El Maleh debía de estar a la escucha en un lugar muy próximo.

Apareció en el momento exacto: ni antes, ni después.

—Sal, perro —le dijo al alguacil—. Por fin has mordido a tu amo. ¡Vete! —Le empujó fuera de la sala—. ¿Cuánto has cobrado, infame? —Luego se me acercó con los brazos muy abiertos, como para indicarme su indefensión—. Calma, señor. Estudiaremos esos documentos. Los miraremos. Cálmate. Ese cobarde apestoso fue a Barcelona sin poder tuyo. No te representaba. Lo que ha hecho es nulo.

Tendrá remedio; pero cálmate.

Arrojé el alfanje contra la pared. Rebotó. Miré dónde caía.

Cayó junto a la puerta por la que en ese instante entró Moraima. Me sorprendieron a la vez su rapidez, mucho mayor de lo que su embarazo le permite, y una sonrisa que la rejuvenecía. Pensé: ‘Voy a marchitar esa sonrisa, pero...’ Iba a contarle la felonía del alguacil.

Aún sostenía —no entiendo cómo— en mi mano los papeles.

—Lo sé todo —me dijo.

—¿Por qué sonríes entonces?

—Levanté el legajo—. ¿Sabes lo que quiere decir esto?

—Sí; que estás vivo, Boabdil.

—Se agachó con dificultad, recogió del suelo el alfanje, y lo apretó contra su pecho—. Que estás vivo otra vez. Nadie quiere matar si no está vivo. El resto no me importa.

No he vuelto a ver a Aben Comisa. No fue preciso desterrarlo de este pequeño señorío: sin despedirse de nadie, ha desaparecido. Se llevó a su familia, y al mismo tiempo que él me han dejado bastantes de los que me siguieron.

Los comprendo muy bien. Yo mismo me pregunto qué hago aquí, cercado y vendido en la tierra que me tuvo por rey. Mis vasallos no llegan ya a dos mil.

Hoy, 10 de abril de 1493, después de tratarlo con Moraima y en presencia de ella, he llamado a mi secretario Mohamed Ibn Nazar, a El Maleh, a Bejir y a Abrahén el Caisí. Redactada por el primero, he otorgado autorización al segundo para que llegue, con Hernando de Zafra, a un acuerdo sobre la venta de estos estados que me quedan y sobre mi partida a África. El texto lo ha traducido El Caisí. Con esta decisión sé que agoto mis últimos poderes; acaso no existían. Oponerse a la fatalidad es dar coces contra el aguijón. Al ver la fecha, he pensado que otros abriles me fueron más propicios.
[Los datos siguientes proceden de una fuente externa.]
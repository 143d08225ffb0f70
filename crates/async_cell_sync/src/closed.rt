//! A future of a slot's `Replier` that waits until nobody waits for the reply.
ghost use Rattle.std.specs.Prelude.{◌≡◌};
ghost use Rattle.core.specs.Mem.{manually_drop_value};
ghost use Rattle.async_cell_model.specs.Refusal.{FailsWithMemory};
ghost use Rattle.async_cell_sync.specs.Source.{source_of};

use crate::async_cell::AsyncCell;
use crate::reply::Replier;
use async_cell_calls::Closing;
use async_cell_core::{Refusal, TaskWaker};
use async_cell_history::{Unruled, Unwitnessed};
use async_cell_step::{At, Polled, Request, With};
use futures::task::{Context, Poll};
use std::sync::Wait;

/// Waits until a slot is closed, so that nobody waits for the reply. `Replier::closed` makes the
/// future. Once it gave `Ok(())`, it gives it at each later poll.
#[derive(Drop)]
pub struct UntilClosed<'a, T: Drop, R: Wait + Drop, N: Unwitnessed<T, TaskWaker> = Unruled> {
    replier: &'a Replier<T, R, N>,
}

impl<T: Drop, R: Wait + Drop, N: Unwitnessed<T, TaskWaker>> Request<R>
    for UntilClosed<'_, T, R, N> {
    type Cell = AsyncCell<T, N>;

    fn cell(&self) -> Option<&AsyncCell<T, N>> {
        Some(&self.replier.cell)
    }
}

impl<T: Drop, R: Wait + Drop, N: Unwitnessed<T, TaskWaker>> Polled<R> for UntilClosed<'_, T, R, N> {
    type Output = Result<(), Refusal>;

    ghost waits_for = { λ asked s.
        s ≡ source_of (manually_drop_value asked.replier.now.cell.value) };

    ghost may_give = { λ _ given. FailsWithMemory given };

    #[inline(always)]
    fn poll_at(&self, at: At<'_>, cx: &mut Context<'_>, rt: &R) -> Poll<Self::Output> {
        self.replier.cell.poll(Closing, at, cx, rt)
    }
}

impl<T: Drop, R: Wait + Copy, N: Unwitnessed<T, TaskWaker>> Replier<T, R, N> {
    /// Returns a future that waits until the `ReplyFuture` is closed or dropped. So with `select`,
    /// work for the reply can end when nobody waits for the reply. To set the value, drop the
    /// future first: it borrows the `Replier`. Then a `ReplyFuture` that is dropped just before the
    /// `set` is seen only by the `set`. The future fails with `Memory` if there is no memory to
    /// register the waker, and may then be polled again. Its poll and its drop may wait for the
    /// lock.
    ///
    /// ```rust
    /// let (replier, reply) = reply_slot(rt.alloc(), rt)?;
    /// drop(reply);
    /// let done = match block_on(&rt, select(pending::<u32>(), replier.closed()))? {
    ///     Either::Left((value, _)) => Some(value),
    ///     Either::Right((gone, _)) => {
    ///         println!(rt; "nobody waits: {gone:?}")?; // prints nobody waits: Ok(())
    ///         None
    ///     }
    /// };
    /// if let Some(value) = done {
    ///     let _ = replier.set(value);
    /// }
    /// ```
    pub fn closed(&self) -> With<UntilClosed<'_, T, R, N>, R>
        ensures of_this { result.polled.replier.now ≡ self.now }
    {
        With::new(UntilClosed { replier: self }, self.rt)
    }
}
Inmediatamente deseché el pensamiento: no quiero refugiarme en el pasado; no lo haré nunca más. Firmé con mi nombre, y sellé el documento con mi sello privado; es el único sello que conservo.

No es que el hombre se solace en su desgracia, pero se amolda a ella. Vivir sin esperanza es un dislate, o quizá un imposible. Se sacan fuerzas de la flaqueza con la espontaneidad con que crece la yerba en un estercolero. O en una tumba.

Moraima, frente a mí, tiene su postura habitual: las manos recogidas sobre su regazo ya muy protuberante, y los ojos volcados hacia la vida nueva. Yo he cubierto sus manos con las mías.

—No son sólo nuestras manos lo que apoyamos aquí, Moraima.

—El sol es el mismo en todas partes —me ha respondido con su voz templada—. Tú y yo juntos con nuestros hijos, fuera de tanta agitación y tantas mezquindades, indiferentes a la avidez de los poderosos y de quienes tratan de serlo, conseguiremos finalmente la felicidad. —En aquel momento era para mí la madre que nunca había tenido—. En una tierra que no te haya sido robada, y que no nos haya robado a su vez a los seres que amábamos y amamos.

El Maleh regresó de Granada.

Sólo ha tardado cinco días en extender con Zafra la escritura de mi entrega total. Sin duda los reyes acucian mi partida, que redondea sus propósitos. Tienen ya virtualmente la Península entera bajo su cetro, y proyectan nuevos viajes a los mundos recién descubiertos. Si Dios está con ellos y les vale, ¿qué necia resistencia puedo oponerles yo?

Me planteo ahora la elección del lugar en el que emprenderemos otra aventura, si es que es factible semejante quimera. Moraima y yo deseamos uno pacífico y salubre, en donde se preparen nuestros hijos para un porvenir que se les ofrece acaso demasiado versátil, y en donde a nosotros se nos permita descansar. Barajamos los nombres de Orán, de Túnez, de Fez, de Alejandría. Túnez me atrae por encontrarme en él con mi tío Abu Abdalá, del que nada había sabido en los últimos años, y que recientemente parece que ha pasado allí desde Orán; pero hay nuevas de que esa tierra se halla afligida por la calamidad, la carestía, la escasez y la peste. Por otra parte, Alejandría está en exceso lejos de esta patria, de la que aún confío que Dios no haya desarraigado el Islam para siempre.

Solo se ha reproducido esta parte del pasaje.